«Nessun cambiamento epocale, è solo un accordo temporaneo»

L’annuncio della possibile intesa tra Cina e Russia su dazi e scambi commerciali ha riproposto la questione che già mesi fa alcuni analisti avevano sottolineato: ovvero che Donald Trump, di fronte a Xi Jinping, sia costretto a cambiare modo di fare le trattative. Essere meno irruente. E più conciliante. Un’affermazione che non trova pienamente d’accordo Matteo Dian, associato di Politiche internazionali dell’Est asiatico all’Università di Bologna.
«In realtà - dice Dian al Corriere del Ticino - la modalità della trattativa di Trump è sempre la stessa. Cambia il fatto che la Cina ha molto potere negoziale: sulla questione delle terre rare e sul commercio bilaterale. Pensiamo all’acquisto di soia, ad esempio, fondamentale per gli agricoltori degli Stati repubblicani dell’interno, una delle basi elettorali di Trump».

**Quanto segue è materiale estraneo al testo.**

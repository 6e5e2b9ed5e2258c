//! The words of the program: which command they ask for, and which of them are paths.
ghost use Rattle.std.specs.Prelude.{◌≡◌, ◌⊎◌, ◌↔◌, ℕ, ◌^◌, ◌<◌, ◌≤◌, List, [], ◌∷◌};
ghost use Rattle.std.specs.Prelude.{None, IfOk, OnErr, IsTrue, map, codes, decimal};
ghost use Rattle.std.specs.String.{string_bytes};
ghost use Rattle.sequence_journal.specs.declared.numbers.TheConstants.{LIMIT};
ghost use Rattle.link_replay.specs.declared.words.Command.{Command};
ghost use Rattle.link_replay.specs.Words.{IsCommand, Asks};
ghost use Rattle.link_replay.specs.Words.{key_place, journal_place, second_place, AskForJournal};
ghost use Rattle.link_replay.specs.Words.{side_word, most_ticks, least_window, MayWait};
ghost use Rattle.link_replay.specs.Words.{AreLateWords, MayBeLate, range_word, six_with};
ghost use Rattle.session_audit.specs.declared.session.Tolerance.{Tolerance};

use command_ends::{Profile, Proto, Usage, read_dir, read_link, read_proto};
use link_format::Dir;
use sequence_journal::LIMIT;
use session_audit::Tolerance;
use two_wire::{Side, Waits};

/// The greatest count of frames in a trial, and of requests in a session of polls.
const MOST_FRAMES: u32 = 10_000;

/// The greatest number that fits into 32 bits.
const MOST_OF_32_BITS: u64 = 4_294_967_295;

/// The most ticks that a two-wire box may wait, or that a frame may be late in an audit.
const MOST_TICKS: u32 = 1_000_000;

/// The least PAUSE of a two-wire box: the silence that ends a frame.
const LEAST_PAUSE: u32 = 4;

/// The session that is audited: its link, the floors of its transmitter and receiver, and when the
/// frames that have passed may be read.
#[derive(Clone, Copy, Debug, PartialEq, Eq)]
pub struct Audited {
    /// The protocol of the link.
    pub proto: Proto,
    /// The profile of the link.
    pub profile: Profile,
    /// The direction of the link.
    pub dir: Dir,
    /// The transmitter's floor before the session: 0, or the number of a frame.
    pub sent_floor: u64,
    /// The receiver's floor before the session: 0, or the number of a frame.
    pub got_floor: u64,
    /// When the frames that have passed may be read.
    pub tolerance: Tolerance,
}

/// What the program is asked to do.
#[derive(Clone, Copy, Debug, PartialEq, Eq)]
pub enum Command {
    /// Makes a new journal for a link.
    Init(Proto, Profile, Dir),
    /// Prints the frames that a device reads from a line.
    Read(Proto),
    /// Checks the tables of known answers.
    Vectors,
    /// Seals the frames of a device's line on their way to the link.
    Seal(Proto, Profile, Dir),
    /// Checks the packets of a link, and sends on what passes.
    Check(Proto, Profile, Dir),
    /// Lists what is sealed of a device's line, and what passes and is read of a link.
    Replay(Proto, Profile, Dir),
    /// Tries a link with frames that are drawn: the first number is the seed, and the second one
    /// says how many frames.
    Trial(Proto, Profile, u32, u32),
    /// Polls devices over two wires at both ends of an attacked link. The first number is the seed,
    /// and the second one says how many requests are asked.
    Poll(Proto, Profile, u32, u32),
    /// Sends on the frames of a line with as much silence between them as the profile asks for.
    Space(Proto, Profile),
    /// Judges a session by three recordings.
    Audit(Audited),
    /// Seals a device's line in one direction, and checks a link in the other.
    Duplex(Proto, Profile, Dir),
    /// Runs a box between the wires to a device and those of a link, on each of which all take turns:
    /// for which side it speaks to its device, and how long is waited there.
    TwoWire(Proto, Profile, Dir, Side, Waits),
    /// Seals the frames of a device's live line on their way to the link.
    LiveSeal(Proto, Profile, Dir),
    /// Checks the packets of a live link, and sends on what passes.
    LiveCheck(Proto, Profile, Dir),
    /// Runs the box at one end of a live line, over both ways in one stream. The direction is that in
    /// which its device sends.
    LiveLine(Proto, Profile, Dir),
    /// Prints the page that lists the program's words.
    Help,
    /// Prints the program's name and version.
    Version,
}

/// The first six words, of a command that has so many.
#[derive(Clone, Copy)]
struct FirstSix<'a> {
    first: &'a str,
    second: &'a str,
    third: &'a str,
    fourth: &'a str,
    fifth: &'a str,
    sixth: &'a str,
}

// Reads a command of one word.
fn read_one(word: &str) -> Result<Command, Usage>
    ensures ok { IfOk result (λ command. IsCommand (word.now ∷ []) command) }
    ensures usage { OnErr result ((command : Command) → IsCommand (word.now ∷ []) command → ⊥) }
{
    match word {
        "vectors" => Ok(Command::Vectors),
        "help" | "--help" | "-h" => Ok(Command::Help),
        "version" | "--version" => Ok(Command::Version),
        _ => Err(Usage),
    }
}

// Reads a command of two words.
fn read_two(first: &str, second: &str) -> Result<Command, Usage>
    ensures ok { IfOk result (λ command. IsCommand (first.now ∷ second.now ∷ []) command) }
    ensures usage { OnErr result ((command : Command)
        → IsCommand (first.now ∷ second.now ∷ []) command → ⊥) }
{
    if first == "space" {
        let (proto, profile) = read_link(second)?;
        return Ok(Command::Space(proto, profile));
    }
    if first != "read" {
        return Err(Usage);
    }
    match read_proto(second) {
        Ok(proto) => Ok(Command::Read(proto)),
        Err(Usage) => Err(Usage),
    }
}

// Reads the words of `init`: a link, and the path of its journal, which must not be empty.
fn read_init(first: &str, second: &str, third: &str, path: &str) -> Result<Command, Usage>
    requires { first.now ≡ codes "init" }
    ensures ok { IfOk result (λ command.
        IsCommand (first.now ∷ second.now ∷ third.now ∷ path.now ∷ []) command) }
    ensures usage { OnErr result ((command : Command)
        → IsCommand (first.now ∷ second.now ∷ third.now ∷ path.now ∷ []) command → ⊥) }
{
    if path.is_empty() {
        return Err(Usage);
    }
    let (proto, profile) = read_link(second)?;
    let dir = read_dir(third)?;
    Ok(Command::Init(proto, profile, dir))
}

Se a questo si aggiunge un antagonista molto meno remissivo degli altri, si comprendono le ragioni che spingono verso l’intesa. «È molto diverso trattare con un avversario in fase di crescita economica, politica, militare che non trovarsi di fronte alleati che hanno bisogno degli Stati Uniti, come Corea del Sud, Giappone o altri Stati del Sudest Asiatico» sottolinea Dian.
Vero è, spiega ancora il docente bolognese, che in ogni caso l’accordo giova a tutti.

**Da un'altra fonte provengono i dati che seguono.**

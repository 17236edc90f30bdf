// The lines of a page.
#![tactic(auto)]

ghost use Rattle.std.specs.Prelude.{◌++◌};
ghost use Rattle.text.specs.Text.{ascii, decimal};
ghost use Rattle.text.specs.Field.{padded};
ghost use Rattle.text.specs.Cursor.{Puts};
ghost use Rattle.finding_lines.specs.Lines.{name_of};
ghost use Rattle.page_lines.specs.Lines.{values, row_line};
ghost use Rattle.page_lines.specs.Lines.{heading as Lines·heading, foot as Lines·foot};

use event::Fields;
use finding_lines::Row;
use text::Cursor;

// The name of a finding's kind behind two blanks, in a field of 16 columns.
// stays: the kind as a number, as `finding_lines::name` takes it
fn put_name(text: &mut Cursor<'_>, kind: u8)
    ensures { Puts (padded 16 (ascii "  " ++ name_of kind)) text.old text.new }
{
    text.put(b"  ");
    text.left(14, finding_lines::name(kind));
}

// Lost, kept, moment and store, each right in a field of 7 columns.
// stays: beside `put_values` in finding_lines, no twin: that one puts a blank before each. One function for both would take what puts a number as a
// closure, and is no plainer than four calls.
fn put_values(text: &mut Cursor<'_>, f: Fields)
    ensures { Puts (values (decimal f.lost) (decimal f.kept) (decimal f.moment) (decimal f.store)) text.old text.new }
{
    text.right(7, f.lost as u32);
    text.right(7, f.kept as u32);
    text.right(7, f.moment as u32);
    text.right(7, f.store as u32);
}

// The line of a finding.
pub fn row(text: &mut Cursor<'_>, row: Row)
    ensures { Puts (row_line row) text.old text.new }
{
    text.right(6, row.event);
    text.right(11, row.site as u32);
    put_name(text, row.fields.kind);
    put_values(text, row.fields);
    text.put(b"\n");
}

// The names of the columns.
pub fn heading(text: &mut Cursor<'_>)
    ensures { Puts Lines·heading text.old text.new }
{
    text.put(b" event       site  finding          lost   kept moment  store\n");
}

// `page 2 of 3`
pub fn foot(text: &mut Cursor<'_>, page: u32, pages: u32)
    ensures { Puts (Lines·foot page pages) text.old text.new }
{
    let mut line = [b' '; 61];
    let mut words = Cursor::new(&mut line, 0);
    words.put(b"page ");
    words.number(page);
    words.put(b" of ");
    words.number(pages);
    text.put(&line);
    text.put(b"\n");
}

«Se c’è una pausa sui dazi, se c’è un minimo di prevedibilità sul fronte economico, tutti ne traggono beneficio. In particolare, gli attori regionali, i quali possono operare investimenti e portare avanti la normale vita economico-commerciale del proprio Paese».
A chi si chiede se questa pausa si tradurrà in un momento di distensione più lungo tra Stati Uniti e Cina, Matteo Dian dice di attendere. «Questo si vedrà con il tempo - risponde - anche se io credo che sia comunque qualcosa di limitato, non di permanente. La competizione tra nazioni rimane aperta su ogni terreno: quello politico e di sicurezza, e quello commerciale e tecnologico. Non siamo cioè di fronte a un cambiamento epocale, quanto piuttosto a un riassestamento. È, insomma, un momento di pausa in una competizione geopolitica più ampia, che caratterizza ormai i rapporti bilaterali in Asia e a livello globale».
Il possibile accordo commerciale è stato letto da qualcuno anche come funzionale a uno scambio di tipo geopolitico: Trump potrebbe chiedere a Xi Jinping di essere aiutato con la Russia per mettere fine alla guerra in Ucraina, mentre Xi Jinping potrebbe chiedere in cambio di avere da Trump qualcosa su Taiwan. Un’eventualità che Dian giudica problematica.
«Attualmente, gli Stati Uniti dicono di non sostenere l’autonomia di Taiwan; i cinesi vorrebbero invece che Washington dichiarasse di opporsi all’autonomia di Taipei. In questo caso - spiega il docente emiliano - le parole sono importanti, così come le definizioni precise. Ed è molto difficile che ciò avvenga. Inoltre, non credo che Xi Jinping voglia veramente aiutare Trump sull’Ucraina, anche perché alla Cina, in parte, fa comodo continuare a creare difficoltà all’Occidente e agli Stati Uniti stessi, che per Kiev mettono in campo molte risorse. Un cambio di direzione su Taiwan resta altamente problematico».
Pure la decisione, presa l’altro giorno dalle autorità di Pechino di bloccare, per il momento, l’acquisto del petrolio via mare dalla Russia rispettando le sanzioni americane, è solo temporanea «Serve a non creare un altro momento di escalation e a vedere che cosa succede nel breve periodo - conclude Dian - Non penso sia un momento di svolta: sembra più la scelta di non aggiungere tensioni a una situazione già di fatto molto instabile sul fronte delle tariffe. Peraltro, in questo momento, Trump non appare capace di ottenere da Xi Jinping concessioni notevoli sul fronte della cooperazione Russia-Cina, che è molto più strutturale».